Nintendo sells 400,000 Wii U consoles in first U.S. week
(Reuters) - Nintendo Co Ltd 7974.OS sold more than 400,000 "Wii U" video game consoles in the United States in the first week of its release, the money-losing company that badly needs a hit to lift its fortunes, said on Monday.
Nintendo, which has gradually ceded ground to Microsoft Corp's (MSFT.O) industry-leading Xbox 360, introduced the Wii U with a touchscreen controller at a time when the video game industry is under threat from a growing smartphone and tablet gaming market.
"The Wii U is effectively sold out at retail...we are gratified by the consumer response," Reggie Fils-Aime, president of Nintendo of America said in an interview about the November 18 release in North American stores.
The company revealed only United States sales for the Wii U, successor to the Wii that was released in 2006. Wii has been a bonanza for Nintendo, with more than 97 million sold, although demand had tapered off in recent years.
Wii U's success or failure will also provide clues to rivals Sony Corp (6758.T) and Microsoft as to whether advanced games machines can withstand the challenge from mobile devices.
"It's pretty much sold out and that's a testament to a large and loyal fan base," Wedbush Securities analyst Michael Pachter said.
The Wii U is probably Nintendo's biggest bet in the last 20 years as a company and keeping the sales momentum going after the holiday shopping season could be a challenge, Jesse Divnich, an analyst at video game research firm EEDAR, said.
WII VERSUS WII U
The results are "comparable" to Wii sales in its first week in 2006, but it was early to do an apples-to-apples comparison, according to Nintendo's Fils-Aime.
"At this point in the life of the Wii U, its sales are based on how quickly we can get the product to retailers," he said.
Nintendo said it sold 475,000 units of the Wii in the United States after its introduction in November 2006 compared with 400,000 for Wii U in the past week.
Looking at signs on the grey market, the Wii U is selling on sites like Ebay at more than 10 to 20 percent of the suggested retail price.
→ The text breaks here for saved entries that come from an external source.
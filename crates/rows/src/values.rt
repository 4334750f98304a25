//! Rows on JSON values: texts, numbers, order, keys and paths.

use crate::fault::{RowsFault, named};
use crate::playing::Asked;
use crate::texts::put;
use couch_json::{FieldPath, Json, Number, at, canon, collate, key_bytes, key_of, read};
use std::alloc::Global;
use std::cmp::Ordering;
use std::fmt::Write;

/// Adds a value's canonical text.
pub fn put_value(alloc: Global, value: &Json, out: &mut String) -> Result<(), RowsFault> {
    let text = canon(alloc, value)?;
    put(text.as_str(), out)
}

/// `TEXT`: its canonical text, which its copy has too, or the fault by which it is no JSON.
pub fn json(asked: Asked<'_>, out: &mut String) -> Result<(), RowsFault> {
    let value = named(read(asked.alloc, asked.question), out)?;
    let copy = value.copy(asked.alloc)?;
    if copy != value {
        return Err(RowsFault::Refused("the copy differs"));
    }
    put_value(asked.alloc, &copy, out)
}

/// `NUMBER`: `number` where a JSON value may hold it, else `none`.
pub fn number(asked: Asked<'_>, out: &mut String) -> Result<(), RowsFault> {
    let Ok(wanted) = asked.text().parse::<i128>() else {
        return Err(RowsFault::Refused("not a number of 128 bits"));
    };
    match Number::new(wanted) {
        Some(number) if number.value() == wanted => put("number", out),
        Some(_) => put("another number", out),
        None => put("none", out),
    }
}

/// `VALUE`: `after` where it collates behind each value above it in the table, they before it, and
/// it as itself.
pub fn collation(asked: Asked<'_>, out: &mut String) -> Result<(), RowsFault> {
    let value = named(read(asked.alloc, asked.question), out)?;
    let mut is_behind = collate(&value, &value) == Ordering::Equal;
    for row in asked.above {
        let low = named(read(asked.alloc, &row.question), out)?;
        is_behind = is_behind
            && collate(&low, &value) == Ordering::Less
            && collate(&value, &low) == Ordering::Greater;
    }
    put(if is_behind { "after" } else { "not after" }, out)
}

/// `key of VALUE`: the bytes of its key, each as two digits, which read back as the value.
/// `value of BYTES`: the value whose key they are, or `NotKey`.
pub fn key(asked: Asked<'_>, out: &mut String) -> Result<(), RowsFault> {
    match asked.text().strip_prefix("key of ") {
        Some(value) => key_of_value(asked.alloc, value, out),
        None => value_of_key(asked, out),
    }
}

/// Adds the bytes of a value's key.
fn key_of_value(alloc: Global, text: &str, out: &mut String) -> Result<(), RowsFault> {
    let value = named(read(alloc, text.as_bytes()), out)?;
    let key = key_bytes(alloc, &value)?;
    for byte in &key {
        write!(out, "{byte:02x} ")?;
    }
    out.pop();
    if named(key_of(alloc, &key), out)? != value {
        return Err(RowsFault::Refused("the key reads back as another value"));
    }
    Ok(())
}

/// Adds the value of a key, which stands as two digits a byte, with blanks between them.
fn value_of_key(asked: Asked<'_>, out: &mut String) -> Result<(), RowsFault> {
    let Some(digits) = asked.text().strip_prefix("value of") else {
        return Err(RowsFault::Refused("key of, or value of"));
    };
    let mut key = Vec::new(asked.alloc);
    for word in digits.split(' ') {
        key.extend_from_slice(&named(hex::decode(asked.alloc, word), out)?)?;
    }
    let value = named(key_of(asked.alloc, &key), out)?;
    put_value(asked.alloc, &value, out)
}

/// `VALUE at PATH`: what the path reaches in the value, `nothing`, or `Shape` where it is no path.
pub fn path(asked: Asked<'_>, out: &mut String) -> Result<(), RowsFault> {
    let question = asked.text();
    let (value, text) = question
        .rsplit_once(" at ")
        .unwrap_or((question.strip_suffix(" at").unwrap_or(""), ""));
    let value = named(read(asked.alloc, value.as_bytes()), out)?;
    let path = path_of(asked.alloc, text, out)?;
    match at(&value, &path) {
        Some(found) => put_value(asked.alloc, found, out),
        None => Err(RowsFault::Refused("nothing")),
    }
}

/// Returns the path of a text, which is its text.
pub fn path_of(alloc: Global, text: &str, out: &mut String) -> Result<FieldPath, RowsFault> {
    let path = named(FieldPath::parse(alloc, text), out)?;
    if path.as_str() == text {
        Ok(path)
    } else {
        Err(RowsFault::Refused("the path has another text"))
    }
}
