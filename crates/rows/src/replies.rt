//! Rows on the bytes of replies.

use crate::fault::{RowsFault, named};
use crate::playing::Asked;
use crate::texts::{first_word, put_text};
use couch_http::{Fixed, Response};
use couch_json::read;
use std::alloc::Global;

/// `STATUS VALUE`, `STATUS last VALUE`: the bytes of the reply.
/// `fixed WORD`, `fixed WORD last`: those of a fixed reply, `syntax`, `encoding`, `large`, `store`
/// or `memory`.
pub fn reply(asked: Asked<'_>, out: &mut String) -> Result<(), RowsFault> {
    let (word, rest) = first_word(asked.text());
    if word == "fixed" {
        return put_reply(&Response::fixed(fixed_of(rest)?), out);
    }
    let Ok(status) = word.parse::<u16>() else {
        return Err(RowsFault::Refused("no status"));
    };
    put_made(asked.alloc, status, rest, out)
}

/// Adds the bytes of a reply that is made.
fn put_made(alloc: Global, status: u16, rest: &str, out: &mut String) -> Result<(), RowsFault> {
    let (last, value) = match rest.strip_prefix("last ") {
        Some(value) => (true, value),
        None => (false, rest),
    };
    let value = named(read(alloc, value.as_bytes()), out)?;
    let reply = named(Response::made(alloc, status, &value, last), out)?;
    if reply.status() != status {
        return Err(RowsFault::Refused("another status"));
    }
    put_reply(&reply, out)
}

/// Adds the bytes of a reply, whose end its body is.
fn put_reply(reply: &Response, out: &mut String) -> Result<(), RowsFault> {
    if !reply.bytes().ends_with(reply.body()) {
        return Err(RowsFault::Refused("another body"));
    }
    put_text(reply.bytes(), out)
}

/// Returns the fixed reply of these words.
fn fixed_of(text: &str) -> Result<Fixed, RowsFault> {
    let (word, rest) = first_word(text);
    let last = rest == "last";
    match word {
        "syntax" => Ok(Fixed::Syntax),
        "encoding" => Ok(Fixed::Encoding),
        "large" => Ok(Fixed::TooLarge),
        "store" => Ok(Fixed::Store { last }),
        "memory" => Ok(Fixed::NoRoom { last }),
        _ => Err(RowsFault::Refused("no such fixed reply")),
    }
}
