//! Rows on ids, revisions and histories of documents.

use crate::fault::{RowsFault, name, named};
use crate::playing::Asked;
use crate::texts::{first_word, put, text_of};
use crate::values::put_value;
use couch_json::read;
use std::alloc::Global;
use std::cmp::Ordering;
use std::fmt::Write;
use tree::{DocId, History, Placed, Rev, next_rev};

/// `TEXT`: `id`, `design` or `local` as an id of a document, or `Shape`.
pub fn id(asked: Asked<'_>, out: &mut String) -> Result<(), RowsFault> {
    let id = named(DocId::new(asked.alloc, asked.text()), out)?;
    if id.as_str() != asked.text() || id.copy(asked.alloc)? != id {
        return Err(RowsFault::Refused("another id"));
    }
    match (id.is_design(), id.is_local()) {
        (false, false) => put("id", out),
        (true, false) => put("design", out),
        (false, true) => put("local", out),
        (true, true) => put("design and local", out),
    }
}

/// `read TEXT`: the number and the hash, or `none`. `order TEXT`: `after` where it is behind each
/// revision that is ordered above it in the table. `next PARENT BODY`, `next PARENT deleted BODY`: the
/// revision of that edit, where `-` is no parent, or `Generation`.
pub fn revision(asked: Asked<'_>, out: &mut String) -> Result<(), RowsFault> {
    let (verb, rest) = first_word(asked.text());
    match verb {
        "read" => read_back(asked.alloc, rest, out),
        "order" => order(asked, rest, out),
        "next" => next(asked.alloc, rest, out),
        _ => Err(RowsFault::Refused("read, order or next")),
    }
}

/// How a text is refused that is no revision.
pub const NO_REVISION: RowsFault = RowsFault::Refused("none");

/// Adds a revision's number and hash.
fn read_back(alloc: Global, text: &str, out: &mut String) -> Result<(), RowsFault> {
    let Some(rev) = Rev::parse(text.as_bytes()) else {
        return Err(NO_REVISION);
    };
    if rev.text(alloc)?.as_str() != text {
        return Err(RowsFault::Refused("another text"));
    }
    write!(out, "{} {}", rev.number(), rev.hash())?;
    Ok(())
}

/// Tells whether a revision is greater than those above, and equal to itself.
fn order(asked: Asked<'_>, text: &str, out: &mut String) -> Result<(), RowsFault> {
    let Some(rev) = Rev::parse(text.as_bytes()) else {
        return Err(NO_REVISION);
    };
    let mut is_behind = rev.cmp(&rev) == Ordering::Equal;
    for row in asked.above {
        if let Some(text) = text_of(&row.question).strip_prefix("order ") {
            is_behind = is_behind && is_below(text, &rev);
        }
    }
    put(if is_behind { "after" } else { "not after" }, out)
}

/// Tells whether the revision of a text is below another.
fn is_below(text: &str, rev: &Rev) -> bool {
    match Rev::parse(text.as_bytes()) {
        Some(low) => low.cmp(rev) == Ordering::Less && rev.cmp(&low) == Ordering::Greater,
        None => false,
    }
}

/// Adds the revision of an edit.
fn next(alloc: Global, text: &str, out: &mut String) -> Result<(), RowsFault> {
    let (parent, rest) = first_word(text);
    let (deleted, body) = edit_of(rest);
    let body = named(read(alloc, body.as_bytes()), out)?;
    let parent = Rev::parse(parent.as_bytes());
    match next_rev(alloc, parent.as_ref(), deleted, &body) {
        Ok(rev) => put_revs(&[rev], out),
        Err(fault) => Err(name(fault, out)),
    }
}

/// Returns whether an edit deletes, by its first word, and what stands behind that.
pub fn edit_of(text: &str) -> (bool, &str) {
    match text.strip_prefix("deleted ") {
        Some(body) => (true, body),
        None => (false, text),
    }
}

/// One history a table, empty at its start.
///
/// `insert PATH BODY`, `insert PATH deleted BODY`: `Added`, `Known` or the fault; a path is its
/// revisions, newest first, with commas between them, and `-` has none.
/// `winner`, `leaves`, `chain REV`, `body REV`, `state REV`: what the history says.
pub fn history(asked: Asked<'_>, out: &mut String) -> Result<(), RowsFault> {
    let mut history = History::new(asked.alloc);
    for row in asked.above {
        if let Some(write) = text_of(&row.question).strip_prefix("insert ") {
            // What a write came to is the answer of its own row.
            let _ = insert(asked.alloc, &mut history, write, out);
            out.clear();
        }
    }
    match asked.text().strip_prefix("insert ") {
        Some(write) => insert(asked.alloc, &mut history, write, out),
        None => tell(asked, &history, out),
    }
}

/// Offers a write to a history.
fn insert(
    alloc: Global,
    history: &mut History,
    write: &str,
    out: &mut String,
) -> Result<(), RowsFault> {
    let (path, rest) = first_word(write);
    let (deleted, body) = edit_of(rest);
    let body = named(read(alloc, body.as_bytes()), out)?;
    let mut revs = Vec::new(alloc);
    for text in path.split(',') {
        match Rev::parse(text.as_bytes()) {
            Some(rev) => revs.push(rev)?,
            None if text == "-" => {}
            None => return Err(NO_REVISION),
        }
    }
    match named(history.insert(&revs, deleted, &body), out)? {
        Placed::Added => put("Added", out),
        Placed::Known => put("Known", out),
    }
}

/// Adds what a history says.
fn tell(asked: Asked<'_>, history: &History, out: &mut String) -> Result<(), RowsFault> {
    let (verb, rest) = first_word(asked.text());
    match verb {
        "winner" => match history.winner() {
            Some(rev) => put_revs(&[*rev], out),
            None => put("none", out),
        },
        "leaves" => leaves(history, out),
        _ => match Rev::parse(rest.as_bytes()) {
            Some(rev) => tell_of(asked.alloc, history, verb, &rev, out),
            None => Err(NO_REVISION),
        },
    }
}

/// Adds the leaves of a history, which its copy has too.
fn leaves(history: &History, out: &mut String) -> Result<(), RowsFault> {
    let leaves = history.leaves()?;
    if history.copy()?.leaves()?.as_slice() != leaves.as_slice() {
        return Err(RowsFault::Refused("the copy has others"));
    }
    put_revs(&leaves, out)
}

/// Adds what a history says of one revision.
fn tell_of(
    alloc: Global,
    history: &History,
    verb: &str,
    rev: &Rev,
    out: &mut String,
) -> Result<(), RowsFault> {
    match verb {
        "chain" => match history.chain(rev)? {
            Some(path) => put_revs(&path, out),
            None => put("none", out),
        },
        "body" => match history.body(rev) {
            Some((deleted, body)) => {
                out.push_str(if deleted { "deleted " } else { "" })?;
                put_value(alloc, body, out)
            }
            None => put("none", out),
        },
        "state" => put(state_of(history, rev), out),
        _ => Err(RowsFault::Refused("insert, winner, leaves, chain, body or state")),
    }
}

/// Tells whether a revision is known, and whether it is a leaf.
fn state_of(history: &History, rev: &Rev) -> &'static str {
    match (history.knows(rev), history.is_leaf(rev)) {
        (true, true) => "leaf",
        (true, false) => "inner",
        (false, false) => "unknown",
        (false, true) => "unknown leaf",
    }
}

/// Adds revisions, with blanks between them.
fn put_revs(revs: &[Rev], out: &mut String) -> Result<(), RowsFault> {
    for rev in revs {
        write!(out, "{rev} ")?;
    }
    out.pop();
    Ok(())
}
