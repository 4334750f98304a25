//! What came of the rows.

use crate::fault::RowsFault;
use crate::file::Row;
use crate::texts::put_escaped;
use std::alloc::Global;
use std::fmt::Write;

/// What came of the rows that were played.
#[derive(Drop)]
pub struct Report {
    /// Where texts lie.
    pub alloc: Global,
    /// How many rows of the open table came out as they should: wrong ones, where it is wrong on purpose.
    well: usize,
    /// A line for each table: `FILE: TITLE: N rows`, of those that came out as they should.
    pub tables: String,
    /// What differs: `FILE:LINE: QUESTION`, and below it what was wanted and what came.
    pub differences: String,
}

impl Report {
    /// Returns an empty report. Takes no memory.
    pub fn new(alloc: Global) -> Report {
        Report {
            alloc,
            well: 0,
            tables: String::new(alloc),
            differences: String::new(alloc),
        }
    }

    /// Tells that something is wrong with a file.
    pub fn object(&mut self, file: &str, line: usize, what: &str) -> Result<(), RowsFault> {
        write!(self.differences, "{file}:{line}: {what}\n")?;
        Ok(())
    }

    /// Ends a table: tells how many of its rows came out as they should.
    pub fn end(&mut self, file: &str, title: &str) -> Result<(), RowsFault> {
        let well = self.well;
        self.well = 0;
        write!(self.tables, "{file}: {title}: {well} rows\n")?;
        Ok(())
    }

    /// Compares what came with what was wanted.
    pub fn compare(
        &mut self,
        file: &str,
        row: &Row,
        got: &str,
        is_wrong: bool,
    ) -> Result<(), RowsFault> {
        let is_right = row.answer.as_slice() == got.as_bytes();
        if is_right != is_wrong {
            self.well = self.well.saturating_add(1);
            return Ok(());
        }
        let line = row.line;
        write!(self.differences, "{file}:{line}: ")?;
        self.tell(&row.question)?;
        if is_wrong {
            self.differences
                .push_str("  is right in a table of rows that are wrong on purpose ")?;
            return self.tell(got.as_bytes());
        }
        self.differences.push_str("  wanted ")?;
        self.tell(&row.answer)?;
        self.differences.push_str("  got    ")?;
        self.tell(got.as_bytes())
    }

    /// Ends a line with bytes, as a text with escapes.
    fn tell(&mut self, bytes: &[u8]) -> Result<(), RowsFault> {
        put_escaped(self.alloc, bytes, &mut self.differences)?;
        self.differences.push('\n')?;
        Ok(())
    }
}
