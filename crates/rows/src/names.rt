//! Names that stand for texts.

use crate::fault::RowsFault;
use std::alloc::Global;

/// The names that are known, each with a blank and its text behind it.
#[derive(Drop)]
pub struct Names {
    alloc: Global,
    entries: Vec<String>,
}

impl Names {
    /// Returns a list without names. Takes no memory.
    pub fn new(alloc: Global) -> Names {
        Names {
            alloc,
            entries: Vec::new(alloc),
        }
    }

    /// Returns how many names there are.
    pub fn count(&self) -> usize {
        self.entries.len()
    }

    /// Forgets all names but the first so many.
    pub fn keep(&mut self, count: usize) {
        self.entries.truncate(count);
    }

    /// Gives a name to a text that is repeated so many times.
    pub fn define(&mut self, name: &str, count: u32, text: &str) -> Result<(), RowsFault> {
        self.entries.push(String::from_str(self.alloc, name)?)?;
        let Some(entry) = self.entries.last_mut() else {
            return Ok(());
        };
        entry.push(' ')?;
        for _time in 0..count {
            entry.push_str(text)?;
        }
        Ok(())
    }

    /// Adds a text in which each known name between `<` and `>` is replaced by its text.
    pub fn replace(&self, text: &str, out: &mut String) -> Result<(), RowsFault> {
        let mut pieces = text.split('<');
        out.push_str(pieces.next().unwrap_or(""))?;
        for piece in pieces {
            self.put_piece(piece, out)?;
        }
        Ok(())
    }

    /// Adds a piece that a `<` stands before.
    fn put_piece(&self, piece: &str, out: &mut String) -> Result<(), RowsFault> {
        let (name, rest) = piece.split_once('>').unwrap_or((piece, ""));
        match self.text_of(name) {
            Some(text) if name.len() < piece.len() => {
                out.push_str(text)?;
                out.push_str(rest)?;
            }
            _ => {
                out.push('<')?;
                out.push_str(piece)?;
            }
        }
        Ok(())
    }

    /// Returns the text of a name, of several the latest.
    fn text_of(&self, wanted: &str) -> Option<&str> {
        for entry in self.entries.iter().rev() {
            match entry.as_str().split_once(' ') {
                Some((name, text)) if name == wanted => return Some(text),
                _ => {}
            }
        }
        None
    }
}
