//! Plays tables of rows: what is asked, and what has to come back.
//!
//! A file of rows is written to be read. Its head says what all of its tables have in common, a
//! table has a title, and a row has a question and an answer:
//!
//! ```text
//! == a document that was never written
//! anybody GET /db/b => 404 {"error":"not_found","reason":"missing"}
//! ```
//!
//! CONTRIBUTING.md has the whole format. A file's ending says which kind its rows are of. Nothing
//! proves that rows are compared: so each kind of rows has a table whose rows are wrong on purpose,
//! and a right one among them is a difference.
#![tactic(auto)]

mod callers;
mod command_lines;
mod fault;
mod file;
mod kinds;
mod names;
mod nodes;
mod pages;
mod pieces;
mod playing;
mod policies;
mod received;
mod replies;
mod reports;
mod scripts;
mod selectors;
mod sent;
mod texts;
mod trees;
mod values;

use fault::RowsFault;
use file::read_file;
use kinds::Kind;
use playing::play_over;
use reports::Report;
use sqlstore::MemoryStore;
use std::alloc::Global;
use std::env;
use std::env::Env;
use std::fs::{read_dir, read_to_string};
use std::process::ExitCode;
use std::rt::Files;
use store::PlainStore;
use texts::first_word;

/// Plays the files that the command line names or, where it names none, all files of the folder.
///
/// The status is 0 where each row is as its answer says, else 1, with what differs on standard error. A
/// fault stands there behind the program's name.
fn main(rt: HostRuntime) -> ExitCode {
    let mut report = Report::new(rt.alloc());
    let played = play_files(&rt, &mut report);
    let _ = print!(rt; "{}", report.tables);
    let _ = eprint!(rt; "{}", report.differences);
    match played {
        Ok(()) if report.differences.is_empty() => ExitCode::SUCCESS,
        Ok(()) => ExitCode::FAILURE,
        Err(fault) => {
            let _ = eprintln!(rt; "rows: {fault}");
            ExitCode::FAILURE
        }
    }
}

/// Plays the files.
fn play_files<R: Env + Files + AllocGlobal + Clone + Drop>(
    rt: &R,
    report: &mut Report,
) -> Result<(), RowsFault> {
    let mut names = Vec::new(rt.alloc());
    put_names(rt, &mut names)?;
    for name in &names {
        let text = read_to_string(rt, name.as_str())?;
        play_file(rt.alloc(), name.as_str(), text.as_str(), report)?;
    }
    Ok(())
}

/// Adds the names of the files to play: the words of the command line or, where there are none, all
/// names in the folder that the program runs in, in the order of their bytes.
fn put_names<R: Env + Files + AllocGlobal + Clone + Drop>(
    rt: &R,
    names: &mut Vec<String>,
) -> Result<(), RowsFault> {
    for word in env::args(rt)?.skip(1) {
        names.push(word)?;
    }
    if !names.is_empty() {
        return Ok(());
    }
    for entry in read_dir(rt, ".")? {
        names.push(String::from_str(rt.alloc(), entry?.file_name())?)?;
    }
    names.sort()?;
    Ok(())
}

/// Plays a file. Rows about nodes are played twice: over plain stores, and over tables.
fn play_file(alloc: Global, name: &str, text: &str, report: &mut Report) -> Result<(), RowsFault> {
    let (_, ending) = name.rsplit_once('.').unwrap_or(("", ""));
    let Some(kind) = Kind::of_ending(ending) else {
        return report.object(name, 1, "no kind of rows has this ending");
    };
    let file = match read_file(alloc, text, kind.joint()) {
        Ok(file) => file,
        Err(RowsFault::Line(line, what)) => return report.object(name, line, what),
        Err(fault) => return Err(fault),
    };
    for line in &file.head {
        if !kind.may_begin_with(first_word(line.as_str()).0) {
            report.object(name, 1, line.as_str())?;
        }
    }
    play_over::<PlainStore>(kind, name, &file, report)?;
    if kind.has_nodes() {
        let name = format!(in alloc; "{name} over tables")?;
        play_over::<MemoryStore>(kind, name.as_str(), &file, report)?;
    }
    Ok(())
}
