//! What the program prints on its sinks.

ghost use Rattle.std.specs.Prelude.{◌≡◌, ◌<◌, IfOk};
ghost use Rattle.elm_files.specs.Answers.{FailedIffRose};
ghost use Rattle.elm_files.specs.States.{sink_state};
ghost use Rattle.elm_files.specs.Texts.{LongerByPart, longer};
ghost use Rattle.commands.specs.Causes.{failure_line, memory_line};
ghost use Rattle.commands.specs.Report.{Prints, Says};

use elm_base::text::Text;
use elm_files::{FileError, Sink};

/// Prints a line on `out`, and returns 0; 3 if that fails, and 4 if memory runs out.
pub fn printed<O: Sink, E: Sink>(out: &mut O, err: &mut E, line: &[u8]) -> u8
    requires { O.faults out.old < 18446744073709551615 }
    ensures { Prints line.now
        (sink_state O.Sink out.old) (sink_state O.Sink out.new)
        (sink_state E.Sink err.old) (sink_state E.Sink err.new) result }
{
    match out.put(line) {
        Ok(()) => 0,
        Err(FileError::Failed) => 3,
        Err(FileError::NoMemory) => out_of_memory(err),
    }
}

/// Prints lines on `err`, and returns `status`; 3 if that fails, and 4 if memory runs out.
pub fn said<E: Sink>(err: &mut E, lines: &[u8], status: u8) -> u8
    requires { E.faults err.old < 18446744073709551615 }
    ensures { Says lines.now status (sink_state E.Sink err.old) (sink_state E.Sink err.new) result }
{
    match err.put(lines) {
        Ok(()) => status,
        Err(FileError::Failed) => 3,
        Err(FileError::NoMemory) => out_of_memory(err),
    }
}

/// Reports that the file at `path` failed. This needs no memory, so out of memory never hides the failure.
pub fn file_failed<E: Sink>(err: &mut E, path: &Text) -> u8
    ensures status { result ≡ 3 }
    ensures told { LongerByPart (E.text err.old) (failure_line path.now) (E.text err.new) }
{
    let _ = put_failure(err, path);
    3
}

/// Prints `elmc: failed: PATH`, piece by piece.
fn put_failure<E: Sink>(err: &mut E, path: &Text) -> Result<(), FileError>
    ensures whole { IfOk result (λ _. E.text err.new ≡ longer (E.text err.old) (failure_line path.now)) }
    ensures part { LongerByPart (E.text err.old) (failure_line path.now) (E.text err.new) }
    ensures failed { FailedIffRose result (E.faults err.old) (E.faults err.new) }
{
    err.put(b"elmc: failed: ")?;
    err.put(path.as_bytes())?;
    err.put(b"\n")
}

/// Reports that memory ran out.
pub fn out_of_memory<E: Sink>(err: &mut E) -> u8
    ensures status { result ≡ 4 }
    ensures told { LongerByPart (E.text err.old) memory_line (E.text err.new) }
{
    let _ = err.put(b"elmc: out of memory\n");
    4
}
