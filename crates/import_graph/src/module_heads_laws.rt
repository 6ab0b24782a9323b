//! What holds of the imports of any text.

ghost use Rattle.std.specs.Prelude.{◌≡◌, ℕ, List};
ghost use Rattle.import_graph.specs.Heads.{HasImports};
ghost use Rattle.import_graph.specs.Modules.{Word};

use elm_lexer::laws::tokens_law;
use elm_parser::laws::front_law;

/// A text imports one list of names.
pub fn imports_law()
    ensures { (text : List ℕ) (words others : List Word) → HasImports text words → HasImports text others → words
        ≡ others }
{
    tokens_law();
    front_law();
}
By comparison, the Wii sold 25 to 30 percent over the retail price in 2006.
The Wii U, Nintendo's first new gaming console in six years, has had a few hiccups. Shortly after it hit store shelves, buyers complained on blogs and on Twitter of technical hitches such as excruciatingly slow software download speeds. It also initially sold absent some much-touted TV-related features and applications.
The selling points have been a tablet-like touch screen "GamePad" controller, a social network called Miiverse and a feature termed TVii that lets users record TV shows through TiVo and other digital recording services.
Before introducing Wii U, Nintendo told American consumers that the TVii application would only be available in December.
In addition to the basic 8 gigabyte model costing $299.99, Nintendo is selling a "deluxe" 32 GB version for $349.99 in the United States and 31,500 yen in Japan. The "deluxe" package will include its new Nintendo land game.
Nintendo is offering 23 original games for the Wii U. The machine is the first Nintendo console to launch with a dedicated "Super Mario" game title in 16 years. Third-party titles include Ubisoft Entertainment SA's (UBIP.PA) exclusive Wii U title, Zombie U, and Activision Blizzard Inc's (ATVI.O) Call of Duty: Black Ops 2.
Before the new devices hit store shelves, Nintendo conducted a massive advertising campaign on television and social media, with marketing tie-ups with Burger King Worldwide Inc (BKW.N) and Walt Disney Co (DIS.N).
It also dressed people up as animated characters from its MiiVerse network who were spotted around New York City inviting fans to check the console. Nintendo set up kiosks in malls and retails stores to give gamers a chance to play the Wii U.
MOBILE DEVICE INVASION
Growing competition from tablet PCs and smartphones that are increasingly eating into the $78 billion gaming market mean the Japanese company might struggle to repeat the hit it had with the Wii and keep the holiday sales momentum going into 2013 and beyond.
But Fils-Aime said Nintendo would leverage its exclusive franchises such as its legendary Super Mario Bros and Pikmin to draw gamers to the Wii U.
"We'll be able to continue driving momentum for Wii U as these are experiences that they can't get on smartphones and tablets," Fils-Aime said.
Moreover, Nintendo -- which began in 1889 making playing cards in the back streets of Kyoto before gaining popularity as the creator of the "Super Mario" franchise -- will compete with a new Microsoft Xbox and updated Sony Corp Playstation expected in 2013. Wii U goes on sale in Japan on December 8 for about $340.